Sawbridgeworth, Herts by Samuel Gregory, on Flickr




Sawbridgeworth, Herts by Samuel Gregory, on Flickr




Sawbridgeworth, Herts by Samuel Gregory, on Flickr




Sawbridgeworth, Herts by Samuel Gregory, on Flickr


----------



## nelly (Aug 8, 2011)

Nice first report matey. I'm just down the road but I don't know of this place.

What did you think of the redoubt? The front buildings with the graffiti are pretty colorful.


----------



## Madaxe (Aug 8, 2011)

nelly said:


> Nice first report matey. I'm just down the road but I don't know of this place.
> 
> What did you think of the redoubt? The front buildings with the graffiti are pretty colorful.



Thanks Nelly,

I'd be happy to show you. It's only 5 minutes walk from my front door.
If not let me know and I'll let you know where it is. Think I can trust you seeing as I have read your posts on pretty much every urbex forum I have ever seen! 

I've been to the redoubt a few times now. It's quite an impressive place even with the state of it there now.
Love the tunnels and that burnt out car is actually quite a nice addition.

I'll upload a couple of pictures I've taken at some point. It's just been done to death!


----------



## UrbanX (Aug 8, 2011)

I wish I could take 'hip shots' like that! Beautiful take on it mate!


----------



## Madaxe (Aug 9, 2011)

UrbanX said:


> I wish I could take 'hip shots' like that! Beautiful take on it mate!



Cheers mate.
Don't be so modest! I've seen your work all over the shop. I'm pretty sure you could take a picture in the dark with the lens cap on and it be stunning.
Your Pripyat work is outstanding by the way.


----------



## urbanisle (Aug 9, 2011)

Nice pics. A quick lick of paint and its ready to move in


----------



## Em_Ux (Aug 9, 2011)

A good 1st report. 

Thanks for sharing


----------



## Priority 7 (Aug 9, 2011)

nelly said:


> Nice first report matey. I'm just down the road but I don't know of this place.
> 
> What did you think of the redoubt? The front buildings with the graffiti are pretty colorful.



It was definitely colourful when we went Nelly


----------



## nelly (Aug 9, 2011)

Madaxe said:


> Thanks Nelly,
> 
> I'd be happy to show you. It's only 5 minutes walk from my front door.
> If not let me know and I'll let you know where it is. Think I can trust you seeing as I have read your posts on pretty much every urbex forum I have ever seen!

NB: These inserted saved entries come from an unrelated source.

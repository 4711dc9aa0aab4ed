//! The words of a heap: addresses, headers, pointers, the sizes that a heap can have, all access to words, and short lists.
//!
//! A word is a `u64`, and addresses count words from 0. What is at an address begins with a header word: an
//! object's header says how many pointers, weak slots and data words it has, a filler's how many words it takes, and one
//! of a forwarded object where its copy is. Every other word is ill-formed, and reading it gives none. Each header and
//! each pointer is read back from the word that it is written as, and each access changes the words that it names and
//! no others.
#![tactic(auto)]

pub mod addr;
pub mod config;
pub mod header;
pub mod powers;
pub mod room;
pub mod short_list;
pub mod words;
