/// What is after the list of subcommands.
const FORMATS: &str = "\
FILE has a line for each step. A script's first line is `heap REGIONS WORDS BUFFER MUTATORS FIRST`, the
heap's sizes and the first object's name. `heap2` has the words of a card after these, for a larger heap,
and `heap3` also how many globals there are and how many registers each mutator has. Each other line is a
step of a mutator, as `0 new r0 1 1`, or of the collector, as `gc begin`. A record's lines have a count
before the step and ` = REPLY` after it.

Status: 0, done; 1, a fault, told on standard error; 2, a command line that isn't understood; 3, `check` says no.
With --explain a fault is followed by the line that has it, what may stand there, and what the mistake may be.

docs/TEXTS.md has the formats, the steps and their replies; docs/FAULTS.md what a fault most often means.";

/// What help says of a script's path.
const SCRIPT: &str = "A script, or - for standard input";

/// The path of a script or record.
fn path<'a>(alloc: Global, help: &'a str) -> Arg<'a>
    ensures rule { rule_of result ≡ file }
    ensures own { result.global ≡ false }
{
    Arg::new(alloc, "FILE")
        .required(true)
        .help(help)
        .action(ArgAction::Set)
}

/// An option that takes a number.
fn number<'a>(alloc: Global, name: &'a str, help: &'a str, parser: ValueParser<'a>) -> Arg<'a>
    ensures rule { rule_of result ≡ number name.entry.now parser.entry }
    ensures own { result.global ≡ false }
{
    Arg::new(alloc, name)
        .long(name)
        .value_name("N")
        .value_parser(parser)
        .help(help)
        .action(ArgAction::Set)
}

/// An option that takes a number up to 4294967295.
fn count<'a>(alloc: Global, name: &'a str, help: &'a str) -> Arg<'a>
    ensures rule { rule_of result ≡ count name.entry.now }
    ensures own { result.global ≡ false }
{
    number(alloc, name, help, value_parser!(u32))
}

/// An option that takes a number up to 18446744073709551615.
fn large<'a>(alloc: Global, name: &'a str, help: &'a str) -> Arg<'a>
    ensures rule { rule_of result ≡ large name.entry.now }
    ensures own { result.global ≡ false }
{
    number(alloc, name, help, value_parser!(u64))
}

/// A count of background actors, none unless it is given.
fn background<'a>(alloc: Global, name: &'a str, help: &'a str) -> Arg<'a>
    ensures rule { rule_of result ≡ background name.entry.now }
    ensures own { result.global ≡ false }
{
    count(alloc, name, help).default_value("0")
}

/// An option that takes no value.
fn flag<'a>(alloc: Global, name: &'a str, help: &'a str) -> Arg<'a>
    ensures rule { rule_of result ≡ flag name.entry.now }
    ensures own { result.global ≡ false }
{
    Arg::new(alloc, name)
        .long(name)
        .help(help)
        .action(ArgAction::SetTrue)
}

/// The option that says what FILE is.
fn recorded<'a>(alloc: Global) -> Arg<'a>
    ensures rule { rule_of result ≡ flag (codes "record") }
    ensures own { result.global ≡ false }
{
    let help = "FILE is a record, whose replies have to be this heap's";
    flag(alloc, "record", help)
}

/// The option that takes the seed.
fn schedule<'a>(alloc: Global) -> Arg<'a>
    ensures rule { rule_of result ≡ schedule }
    ensures own { result.global ≡ false }
{
    let help = "The seed, 0 to 18446744073709551615";
    large(alloc, "schedule", help).required(true)
}

/// The option that takes the number of worker threads.
fn workers<'a>(alloc: Global) -> Arg<'a>
    ensures rule { rule_of result ≡ workers }
    ensures own { result.global ≡ false }
{
    count(alloc, "workers", "Worker threads, 1 to 32").required(true)
}

/// The option that takes how many events there are to a moment of a page, one unless it is given.
fn every<'a>(alloc: Global) -> Arg<'a>
    ensures rule { rule_of result ≡ every }
    ensures own { result.global ≡ false }
{
    let help = "Shows a moment each N events, 1 to 1000000";
    number(alloc, "every", help, ValueParser::signed(1, 1_000_000)).default_value("1")
}

/// The option that takes the path of a file of names for shapes.
fn names<'a>(alloc: Global) -> Arg<'a>
    ensures rule { rule_of result ≡ names }
    ensures own { result.global ≡ false }
{
    let help = "Shows the names for shapes that the lines of a file give";
    Arg::new(alloc, "names")
        .long("names")
        .value_name("FILE")
        .help(help)
        .action(ArgAction::Set)
}

/// The option that takes the path of a file of names for types.
fn types<'a>(alloc: Global) -> Arg<'a>
    ensures rule { rule_of result ≡ types }
    ensures own { result.global ≡ false }
{
    let help =
        "Names types by first data words in a census or a snapshot: the lines of a file, as `7 pair`";
    Arg::new(alloc, "types")
        .long("types")
        .value_name("FILE")
        .help(help)
        .action(ArgAction::Set)
}

/// The option that asks for more lines after a fault's own.
fn explain<'a>(alloc: Global) -> Arg<'a>
    ensures rule { rule_of result ≡ flag (codes "explain") }
    ensures own { result.global ≡ false }
{
    let help =
        "Explains a fault: which line has it, what may stand there, what the mistake may be; and a no of check";
    flag(alloc, "explain", help)
}

// What holds a command is dropped by `drop`, one call: a drop that isn't written writes each of its fields out.

/// Adds an argument, unless memory was refused before.
fn with_arg<'a>(
    command: Result<Command<'a>, AllocError>,
    arg: Arg<'a>,
) -> Result<Command<'a>, AllocError>
    requires { arg.global ≡ false }
    ensures { (app : App) → IfOk command.entry (IsReadAs app) → IfOk result (IsReadAs (with_rule app (rule_of arg.entry))) }
{
    match command {
        Ok(command) => command.arg(arg),
        Err(error) => {
            drop(arg);
            Err(error)
        }
    }
}

/// Adds a subcommand, unless memory was refused for it or before.
fn with_subcommand<'a>(
    command: Result<Command<'a>, AllocError>,
    subcommand: Result<Command<'a>, AllocError>,
) -> Result<Command<'a>, AllocError>
    ensures { (app sub : App) → sub.top.is_plain ≡ true → IfOk command.entry (IsReadAs app) → IfOk subcommand.entry (IsReadAs sub)
        → IfOk result (IsReadAs (with_subcommand app sub.top)) }
{
    match command {
        Ok(command) => match subcommand {
            Ok(subcommand) => command.subcommand(subcommand),
            Err(error) => {
                drop(command);
                Err(error)
            }
        },
        Err(error) => {
            drop(subcommand);
            Err(error)
        }
    }
}

/// A subcommand that takes a path alone.
fn with_path<'a>(
    alloc: Global,
    name: &'a str,
    about: &'a str,
    help: &'a str,
) -> Result<Command<'a>, AllocError>
    ensures { IfOk result (IsReadAs (with_path name.entry.now)) }
{
    Command::new(alloc, name)
        .about(about)
        .arg(path(alloc, help))
}
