//! Addresses, which count words from 0, and the numbers of regions and cards.

ghost use Rattle.std.specs.Prelude.{◌≡◌, ℕ};
ghost use Rattle.heap_words.specs.Sizes.{field_word};

use std::marker::Model;

/// The address of a word.
#[derive(Clone, Copy, Debug, PartialEq, Eq)]
pub struct Addr(u32);

impl Model for Addr {
    ghost Value = { ℕ };

    ghost view = { λ a. a.0 };

    ghost inverse = { λ n. record { 0 = n } };
}

impl Addr {
    /// The address of the word with this number.
    pub fn new(word: u32) -> Addr
        ensures { result ≡ word }
    {
        Addr(word)
    }

    /// The word's number.
    pub fn word(self) -> u32
        ensures { result ≡ self }
    {
        self.0
    }

    /// The number of the word that holds a field of the object at this address. Fields count from 0: pointers, weak slots, held slots.
    #[inline(always)]
    pub fn field(self, field: u32) -> usize
        ensures { result ≡ field_word self field }
    {
        self.0 as usize + 2 + field as usize
    }
}

/// A pointer: nil, or the address where its target starts.
pub type Ptr = Option<Addr>;

/// The number of a region. Region k holds the addresses from k times the words of a region on.
#[derive(Clone, Copy, Debug, PartialEq, Eq)]
pub struct RegionNo(u32);

impl Model for RegionNo {
    ghost Value = { ℕ };

    ghost view = { λ a. a.0 };

    ghost inverse = { λ n. record { 0 = n } };
}

impl RegionNo {
    /// The region with this number.
    pub fn new(number: u32) -> RegionNo
        ensures { result ≡ number }
    {
        RegionNo(number)
    }

    /// The region as a number.
    pub fn number(self) -> u32
        ensures { result ≡ self }
    {
        self.0
    }
}

/// The number of a card. Card c holds the addresses from c times the words of a card on.
#[derive(Clone, Copy, Debug, PartialEq, Eq)]
pub struct Card(u32);

impl Model for Card {
    ghost Value = { ℕ };

    ghost view = { λ a. a.0 };

    ghost inverse = { λ n. record { 0 = n } };
}

impl Card {
    /// The card with this number.
    pub fn new(number: u32) -> Card
        ensures { result ≡ number }
    {
        Card(number)
    }

    /// The card as a number.
    pub fn number(self) -> u32
        ensures { result ≡ self }
    {
        self.0
    }
}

Ah yes, I am a bit of a report whore 

I'd love to visit the place with you Mr Axe. Let me get the (overdue) birth of my daughter out of the way and I should be allowed to have my splore pass back!!! 




Priority 7 said:


> It was definitely colourful when we went Nelly



Ha!!!! Mr P7 is referring to the fact that there was a porn shoot going on at the redoubt when we got there, a skinny bearded man who looked like a stunt double for ZZ Top was shooting off shots of some peroxide bint who dived under her coat when we walked in 

Took us 25 minutes to roll Mr P7's tongue back in his mouth!!!


----------



## Madaxe (Aug 10, 2011)

nelly said:


> Ah yes, I am a bit of a report whore
> 
> I'd love to visit the place with you Mr Axe. Let me get the (overdue) birth of my daughter out of the way and I should be allowed to have my splore pass back!!!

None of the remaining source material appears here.